D. It inspects the configuration file in NVRAM for boot instructions.
Answer: A
Explanation:
Default (normal) Boot Sequence
Power on Router - Router does POST - Bootstrap starts IOS load - Check configuration register to see what mode the router should boot up in (usually 0x2102 to read startup- config in NVRAM / or 0x2142 to start in "setup-mode") - check the startup-config file in NVRAM for boot-system commands - load IOS from Flash.
Q7. - (Topic 6)
A network administrator needs to configure port security on a switch. Which two statements are true? (Choose two.)
A. The network administrator can apply port security to dynamic access ports.
B. The network administrator can apply port security to EtherChannels.
C. When dynamic MAC address learning is enabled on an interface, the switch can learn new addresses, up to the maximum defined.
D. The sticky learning feature allows the addition of dynamically learned addresses to the running configuration.
E. The network administrator can configure static secure or sticky secure MAC addresses in the voice VLAN.
Answer: C,D
Explanation:
Follow these guidelines when configuring port security:
+ Port security can only be configured on static access ports, trunk ports, or 802.1Q tunnel ports.
+ A secure port cannot be a dynamic access port.

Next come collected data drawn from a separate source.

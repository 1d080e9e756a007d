// The Radix-50 character table and its inverse.
ghost use Rattle.std.specs.Prelude.{◌≡◌, ◌<◌};
ghost use Rattle.radix50.specs.Table.{char_of, code_of, is_digit, is_name_char};

// The character of each code; code 29 has none, and a 0 stands there.
const CHARACTERS: [u8; 40] = *b" ABCDEFGHIJKLMNOPQRSTUVWXYZ$.\x000123456789";

// The character of a code.
#[tactic(auto, using(crate::proofs::TableLaws::characters_at), unfolding(crate::proofs::TableLaws::characters))]
pub fn char_of(c: u8) -> u8
    requires { c < 40 }
    ensures { result ≡ char_of c }
{
    CHARACTERS[usize::from(c)]
}

// The code of a character, or 40.
#[tactic(auto, using(crate::proofs::TableLaws::code_by_range), unfolding(crate::proofs::TableLaws::by_range))]
pub fn code_of(x: u8) -> u8
    ensures { result ≡ code_of x }
{
    // Capitals and digits by tests of their own: a match of all five asks for the three others first, and is slower.
    if x.is_ascii_uppercase() {
        return x - 64;
    }
    if x.is_ascii_digit() {
        return x - 18;
    }
    match x {
        b' ' => 0,
        b'$' => 27,
        b'.' => 28,
        _ => 40,
    }
}

// Whether a character is a digit.
#[tactic(auto, unfolding(crate::specs::Table::is_digit))]
pub fn is_digit(x: u8) -> bool
    ensures { result ≡ is_digit x }
{
    x.is_ascii_digit()
}

// Whether a character is a capital or a digit.
#[tactic(auto, unfolding(crate::specs::Table::is_name_char))]
pub fn is_name_char(x: u8) -> bool
    ensures { result ≡ is_name_char x }
{
    x.is_ascii_uppercase() || is_digit(x)
}

// Whether a code is that of a capital or a digit.
#[tactic(auto, using(crate::proofs::TableLaws::name_by_range), unfolding(crate::proofs::TableLaws::name_range))]
pub fn is_name_code(c: u8) -> bool
    ensures { result ≡ is_name_char (char_of c) }
{
    matches!(c, 1..=26 | 30..=39)
}
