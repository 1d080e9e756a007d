// Radix-50 words: three codes in a word.
ghost use Rattle.std.specs.Prelude.{◌≡◌};
ghost use Rattle.radix50.specs.Words.{codes, characters_of};

use crate::table::char_of;
use answer::refusal::{Answer, Refusal};

// The three codes of a word.
#[tactic(auto, unfolding(crate::specs::Words::codes))]
pub fn codes_of(w: u16) -> [u8; 3]
    ensures { result ≡ codes w }
{
    [(w / 1600) as u8, (w / 40 % 40) as u8, (w % 40) as u8]
}

// The three characters of a word below 64,000; a larger word is refused.
#[tactic(auto, unfolding(crate::specs::Words::codes, crate::specs::Words::characters_of))]
pub fn word_to_characters(w: u16) -> Answer<[u8; 3]>
    ensures { result ≡ characters_of w }
{
    if 64000 <= w {
        return Err(Refusal::Name);
    }
    let [a, b, c] = codes_of(w);
    Ok([char_of(a), char_of(b), char_of(c)])
}
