// Radix-50: the characters, and words of three characters.

#![tactic(auto)]

mod table;
mod words;

pub use table::{char_of, code_of, is_name_char, is_name_code};
pub use words::{codes_of, word_to_characters};
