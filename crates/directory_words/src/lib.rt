// The answer words of the calls on a directory. Here are their definitions alone: `answer` and `look_up` have the code.

#![tactic(auto)]
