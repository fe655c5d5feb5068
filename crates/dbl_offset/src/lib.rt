//! The store of a connector's offset: how far its records were delivered, stored on a disk so that a
//! crash leaves the old offset or the new one.
#![tactic(auto)]

mod error;
mod finding;
mod formats;
mod laws;
mod slots;
mod store;

pub use dbl_offset_content::{Offset, SharedInfos, offsets_are_spelled_once};
pub use error::OffsetError;
pub use formats::bytes;
pub use laws::{
    bytes_are_a_store_or_not, stores_are_read_once, stores_come_of_stores, stores_hold_one_offset,
    stores_or_faults, torn_stores_are_empty,
};
pub use store::OffsetStore;
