use dbl_base::Failed;
use std::alloc::AllocError;
use thiserror::Error;

/// Why an offset store wasn't made, opened or written.
#[derive(Clone, Copy, Debug, Error)]
pub enum OffsetError {
    #[error("disk failed")]
    Failed,
    /// The disk has no store: the position of the first missing or wrong byte of the magic, of the
    /// missing selector, or of the selected slot's content (16 or 4112), which is truncated or
    /// longer than 2^28 bytes.
    #[error("not a store at {at}")]
    NotAStore { at: u64 },
    /// The number of the selected slot, 0 or 1, whose entry encodes no offset.
    #[error("bad offset {index}")]
    BadOffset { index: u64 },
    /// The offset has more than 2^28 bytes. A length above 2^64 - 1 is reported as 2^64 - 1.
    #[error("offset too long: {len}")]
    TooLong { len: u64 },
    #[error("out of memory")]
    Memory,
}

impl From<Failed> for OffsetError {
    ghost use Rattle.std.specs.Prelude.{◌≡◌};
    ghost use Rattle.dbl_offset.specs.declared.error.OffsetError.TheVariants as error;

    ghost from_gives = { λ _ e. e ≡ error.Failed };

    fn from(_failed: Failed) -> OffsetError {
        OffsetError::Failed
    }
}

impl From<AllocError> for OffsetError {
    ghost use Rattle.std.specs.Prelude.{◌≡◌};
    ghost use Rattle.dbl_offset.specs.declared.error.OffsetError.TheVariants.{Memory};

    ghost from_gives = { λ _ e. e ≡ Memory };

    fn from(_error: AllocError) -> OffsetError {
        OffsetError::Memory
    }
}
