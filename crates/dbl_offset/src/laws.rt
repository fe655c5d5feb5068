//! Theorems about stores of offsets, as contracts of empty functions.

ghost use Rattle.std.specs.Prelude.{◌≡◌, ◌⊎◌, ℕ, ◌<◌, ◌≤◌, Option, Some, None, List, [], length};
ghost use Rattle.std.specs.Prelude.{max, slice_index};
ghost use Rattle.dbl_offset_content.specs.declared.offset.Offset.{Offset};
ghost use Rattle.dbl_offset.specs.Stores.{BeginsTorn, ExtendsOffsets, HasBadOffset};
ghost use Rattle.dbl_offset.specs.Stores.{HoldsOffset, IsNoStoreAt, IsStore, LeavesOffset};
ghost use Rattle.dbl_offset.specs.Stores.{MayLeaveOffset, StoreOn, disk_of, greatest_room};

use dbl_disk::Disk;

/// Bytes are a store of at most one offset, or of none.
pub fn stores_are_read_once()
    ensures { (bytes : List ℕ) (first second : Option Offset) → IsStore bytes first →
        IsStore bytes second → first ≡ second }
{}

/// Bytes are at most one of: a store, no store at a position, a store with a bad offset. The
/// position is unique, and so is the bad offset's number.
pub fn stores_or_faults()
    ensures no_fault { (bytes : List ℕ) (offset : Option Offset) (at : ℕ) → IsStore bytes offset →
        ¬ IsNoStoreAt bytes at }
    ensures no_bad_offset { (bytes : List ℕ) (offset : Option Offset) (index : ℕ) →
        IsStore bytes offset → ¬ HasBadOffset bytes index }
    ensures not_both { (bytes : List ℕ) (at index : ℕ) → IsNoStoreAt bytes at →
        ¬ HasBadOffset bytes index }
    ensures one_no_store { (bytes : List ℕ) (first second : ℕ) → IsNoStoreAt bytes first →
        IsNoStoreAt bytes second → first ≡ second }
    ensures one_bad_offset { (bytes : List ℕ) (first second : ℕ) → HasBadOffset bytes first →
        HasBadOffset bytes second → first ≡ second }
{}

/// Bytes are at least one of: a store, no store at a position, a store with a bad offset.
pub fn bytes_are_a_store_or_not()
    ensures { (bytes : List ℕ) → ((i : ℕ) → slice_index bytes i < 256) →
        ((offset : Option Offset) × IsStore bytes offset) ⊎
        (((at : ℕ) × IsNoStoreAt bytes at) ⊎ ((index : ℕ) × HasBadOffset bytes index)) }
{}

/// What a store leaves on an empty disk while it is made is no store yet, or one without an offset.
pub fn torn_stores_are_empty()
    ensures torn { (bytes : List ℕ) (offset : Option Offset) → BeginsTorn [] bytes →
        IsStore bytes offset → offset ≡ None }
    ensures empty { (offset : Option Offset) → ¬ IsStore [] offset }
{}

/// A store has at most one offset, the one that its bytes encode and that a crash may leave. While
/// an offset is stored a crash leaves the old one or the new one.
pub fn stores_hold_one_offset<D: Disk>()
    ensures one { (store : StoreOn D) (first second : Option Offset) →
        HoldsOffset D.Disk store first → HoldsOffset D.Disk store second → first ≡ second }
    ensures bytes { (store : StoreOn D) (offset : Option Offset) →
        HoldsOffset D.Disk store offset → (bytes : List ℕ) ×
        (D.seen (disk_of store) ≡ Some bytes) × IsStore bytes offset }
    ensures left { (store : StoreOn D) (offset left : Option Offset) →
        HoldsOffset D.Disk store offset → MayLeaveOffset D.Disk (disk_of store) left →
        left ≡ offset }
    ensures held { (store : StoreOn D) (offset : Option Offset) →
        HoldsOffset D.Disk store offset → MayLeaveOffset D.Disk (disk_of store) offset }
    ensures one_of { (disk : D) (old left : Option Offset) (new : Offset) →
        LeavesOffset D.Disk disk (λ l. (l ≡ old) ⊎ (l ≡ Some new)) →
        MayLeaveOffset D.Disk disk left → (left ≡ old) ⊎ (left ≡ Some new) }
{}

/// `ExtendsOffsets` is reflexive and transitive, keeps the disk's contents known, and bounds their
/// number of bytes.
pub fn stores_come_of_stores<D: Disk>()
    ensures itself { (store : StoreOn D) → ExtendsOffsets D.Disk store store }
    ensures on { (first second third : StoreOn D) → ExtendsOffsets D.Disk first second →
        ExtendsOffsets D.Disk second third → ExtendsOffsets D.Disk first third }
    ensures told { (old new : StoreOn D) (offset : Option Offset) →
        ExtendsOffsets D.Disk old new → HoldsOffset D.Disk old offset →
        (after : List ℕ) × (D.seen (disk_of new) ≡ Some after) }
    ensures grown { (old new : StoreOn D) (before after : List ℕ) →
        ExtendsOffsets D.Disk old new → D.seen (disk_of old) ≡ Some before →
        D.seen (disk_of new) ≡ Some after → length after ≤ max (length before) greatest_room }
{}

+ A secure port cannot be a destination port for Switched Port Analyzer (SPAN).
+ A secure port cannot belong to a Fast EtherChannel or Gigabit EtherChannel port group.
+ You cannot configure static secure or sticky secure MAC addresses on a voice VLAN.
+ When you enable port security on an interface that is also configured with a voice VLAN, you must set the maximum allowed secure addresses on the port to at least two.
+ If any type of port security is enabled on the access VLAN, dynamic port security is automatically enabled on the voice VLAN.
+ When a voice VLAN is configured on a secure port that is also configured as a sticky secure port, all addresses seen on the voice VLAN are learned as dynamic secure addresses, and all addresses seen on the access VLAN (to which the port belongs) are learned as sticky secure addresses.
+ The switch does not support port security aging of sticky secure MAC addresses.
+ The protect and restrict options cannot be simultaneously enabled on an interface.
(Reference: http://www.cisco.com/en/US/docs/switches/lan/catalyst3550/software/release/12.1_19_ea1
/configuration/guide/swtrafc.html)
Q8. - (Topic 5)
What are three benefits of GLBP? (Choose three.)
A. GLBP supports up to eight virtual forwarders per GLBP group.
B. GLBP supports clear text and MD5 password authentication between GLBP group members.
C. GLBP is an open source standardized protocol that can be used with multiple vendors.
D. GLBP supports up to 1024 virtual routers.
E. GLBP can load share traffic across a maximum of four routers.
F. GLBP elects two AVGs and two standby AVGs for redundancy.
Answer: B,D,E
Q9. - (Topic 8)
Which two statements about IPv6 and routing protocols are true? (Choose two.)
A. Link-local addresses are used to form routing adjacencies.
B. OSPFv3 was developed to support IPv6 routing.
C. EIGRP, OSPF, and BGP are the only routing protocols that support IPv6.
D. Loopback addresses are used to form routing adjacencies.
E. EIGRPv3 was developed to support IPv6 routing.
Answer: A,B
Q10. - (Topic 3)
Which command encrypts all plaintext passwords?
A. Router# service password-encryption
B. Router(config)# password-encryption
C. Router(config)# service password-encryption
D. Router# password-encryption
Answer: C
Explanation:
Command
The “service password-encryption” command allows you to encrypt all passwords on your router so they cannot be easily guessed from your running-config. This command uses a very weak encryption because the router has to be very quickly decode the passwords for its operation.
It is meant to prevent someone from looking over your shoulder and seeing the password, that is all. This is configured in global configuration mode.